If you’ve read reports about plastics showing up in whales and other sea life you might have wondered how much plastic do humans consume.
Have you heard of the Great Pacific Garbage Island?
According to a study by the World Wide Fund for Nature, the average human consumes around 5 grams of plastic every week, which adds up to around a half-pound of plastic every year.
Five grams of plastic is approximately the equivalent of a credit card. Most of the plastic humans consume comes from drinking water.
How does plastic get into your system?
One way plastics can get into your system is through plastic tea bags. Plastic tea bags can shed billions of particles of microplastic with each cup.

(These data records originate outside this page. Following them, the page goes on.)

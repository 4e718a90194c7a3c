//! The lines of a rung.

use crate::grid::{Cell, Grid};
use crate::names::Names;
use crate::text::Text;
use crate::word::Word;
use diagram_declarations::{BlockKind, Output, Pin};
use diagram_program::CoilMode;
use diagram_program::geometry::{CELL, COLUMNS, ROWS};
use st_expression::Operand;

/// The most dashes before a jump.
const DASHES: usize = 4;

/// The characters of a coil's cell.
fn coil_cell(mode: CoilMode) -> &'static [u8] {
    match mode {
        CoilMode::Store => b"----( )----",
        CoilMode::Inverse => b"----(/)----",
        CoilMode::Set => b"----(S)----",
        CoilMode::Reset => b"----(R)----",
        CoilMode::Rising => b"----(P)----",
        CoilMode::Falling => b"----(N)----",
    }
}

/// The characters of the upper cell of a block.
fn block_cell(kind: BlockKind) -> &'static [u8] {
    match kind {
        BlockKind::Ton => b"-|IN TON Q|",
        BlockKind::Tof => b"-|IN TOF Q|",
        BlockKind::Tp => b"-|IN TP  Q|",
        BlockKind::Ctu => b"-|CU CTU Q|",
        BlockKind::Ctd => b"-|CD CTD Q|",
        BlockKind::Sr => b"-|S1 SR Q1|",
        BlockKind::Rs => b"-|S  RS Q1|",
    }
}

/// The characters of the lower cell of a block.
fn lower_cell(pin: Pin, is_fed: bool) -> &'static [u8] {
    match (pin, is_fed) {
        (Pin::Reset, true) => b"-|R       |",
        (Pin::Reset, false) => b" |R       |",
        (Pin::Load, true) => b"-|LD      |",
        (Pin::Load, false) => b" |LD      |",
        (Pin::Reset1, true) => b"-|R1      |",
        (Pin::Reset1, false) => b" |R1      |",
    }
}

/// The name of a variable or a helper.
fn variable_word(names: &Names<'_>, variable: usize) -> Word {
    match names.variables.get(variable) {
        Some(name) => Word::new().with(name.bytes()),
        None => {
            let number = variable.saturating_sub(names.variables.len());
            Word::new()
                .with(names.helper)
                .with_number(number.saturating_add(1))
        }
    }
}

/// The name of an instance.
fn instance_word(names: &Names<'_>, instance: usize) -> Word {
    match names.instances.get(instance) {
        Some(named) => Word::new().with(named.name.bytes()),
        None => Word::new(),
    }
}

/// The kind of an instance. Past the last it is a TON.
pub(crate) fn kind_in(names: &Names<'_>, instance: usize) -> BlockKind {
    match names.instances.get(instance) {
        Some(named) => named.kind,
        None => BlockKind::Ton,
    }
}

/// The name of an operand.
fn operand_word(names: &Names<'_>, operand: Operand) -> Word {
    match operand {
        Operand::Variable(variable) => variable_word(names, variable),
        Operand::Output(instance) => {
            let word = instance_word(names, instance);
            match kind_in(names, instance).traits().output {
                Output::Q => word.with(b".Q"),
                Output::Q1 => word.with(b".Q1"),
            }
        }
    }
}

/// The label of a number.
pub(crate) fn add_label(text: &mut Text, names: &Names<'_>, label: usize) {
    text.add_number(names.label, label);
}

/// The name over a cell.
fn name_of(names: &Names<'_>, cell: Cell) -> Word {
    match cell {
        Cell::Contact(contact) => operand_word(names, contact.operand),
        Cell::Coil { variable, .. } => variable_word(names, variable),
        Cell::Block { instance } => instance_word(names, instance),
        Cell::Blank | Cell::Wire | Cell::Lower { .. } | Cell::Jump { .. } | Cell::Exit => {
            Word::new()
        }
    }
}

/// Adds a jump to a label, with as many dashes before it as there is room for.
fn add_jump(text: &mut Text, names: &Names<'_>, label: usize) {
    let word = Word::new().with(b">>").with(names.label).with_number(label);
    let dashes = CELL.saturating_sub(word.bytes().len()).max(1).min(DASHES);
    for _ in 0..dashes {
        text.add(b"-");
    }
    text.add(word.bytes());
}

/// Adds the characters of a cell.
fn add_cell(text: &mut Text, names: &Names<'_>, cell: Cell) {
    match cell {
        Cell::Blank => {}
        Cell::Wire => text.add(b"-----------"),
        Cell::Contact(contact) => text.add(if contact.on {
            b"----| |----"
        } else {
            b"----|/|----"
        }),
        Cell::Coil { mode, .. } => text.add(coil_cell(mode)),
        Cell::Block { instance } => text.add(block_cell(kind_in(names, instance))),
        Cell::Lower { pin, is_fed } => text.add(lower_cell(pin, is_fed)),
        Cell::Jump { label } => add_jump(text, names, label),
        Cell::Exit => text.add(b"---<RETURN>"),
    }
}

/// Whether a wire leads to a cell from the left.
fn has_left(cell: Cell) -> bool {
    !matches!(cell, Cell::Blank | Cell::Lower { is_fed: false, .. })
}

/// Whether a wire leads on from a cell to the right.
fn has_right(cell: Cell) -> bool {
    matches!(cell, Cell::Wire | Cell::Contact(_) | Cell::Coil { .. })
}

/// The character at the joint on the left of a column.
fn joint(grid: &Grid, row: usize, column: usize) -> &'static [u8] {
    let is_fed = has_left(grid.cell(row, column));
    let is_left = has_right(grid.cell(row, column.saturating_sub(1)));
    if grid.is_linked(row, column) || grid.is_linked(row.saturating_add(1), column) {
        if is_fed || is_left { b"+" } else { b"|" }
    } else if is_fed {
        b"-"
    } else {
        b" "
    }
}

/// Adds the upper line of a row: the names, and the vertical links to the row above it.
fn add_name_line(text: &mut Text, names: &Names<'_>, grid: &Grid, row: usize) {
    text.add(b"|");
    for column in 0..COLUMNS {
        if column > 0 {
            text.add(if grid.is_linked(row, column) {
                b"|"
            } else {
                b" "
            });
        }
        let start = text.len();
        text.add_centred(name_of(names, grid.cell(row, column)).bytes(), CELL);
        text.fill(start, CELL);
    }
    text.end_line();
}

/// Adds the lower line of a row: the cells, and the joints between them.
fn add_wire_line(text: &mut Text, names: &Names<'_>, grid: &Grid, row: usize) {
    text.add(b"|");
    for column in 0..COLUMNS {
        if column > 0 {
            text.add(joint(grid, row, column));
        }
        let start = text.len();
        add_cell(text, names, grid.cell(row, column));
        text.fill(start, CELL);
    }
    text.end_line();
}

/// Adds the lines of a rung.
pub(crate) fn add_rung(text: &mut Text, names: &Names<'_>, grid: &Grid) {
    let rows = grid.rows();
    for row in 0..ROWS {
        if row < rows {
            add_name_line(text, names, grid, row);
            add_wire_line(text, names, grid, row);
        }
    }
}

A cup of team can have as much as 16 micrograms of plastic per cup, which is several orders of magnitude greater than other drinks and food, according to the Canadian research team that studied the issue.
Humans also encounter plastic through the consumption of shellfish. According to the World Wide Fund for Nature, the average person consumes around 182 particles of plastic by eating shellfish per week.
The study also found that people who consume beer will ingest around 10 particles of plastic a week and 11 particles of plastic a week by consuming salt.
What’s the risk of consuming plastic?
Microplastics have shown up in drinking water and the World Health Organization published a study in 2019 that found microplastics pose a low concern for human health.
A 2017 King’s College in London study found that the cumulative effective of consuming plastic could be toxic while researchers at Johns Hopkins found that eating seafood contaminated with microplastics could damage the immune system and disturb your gut’s health as it accumulates.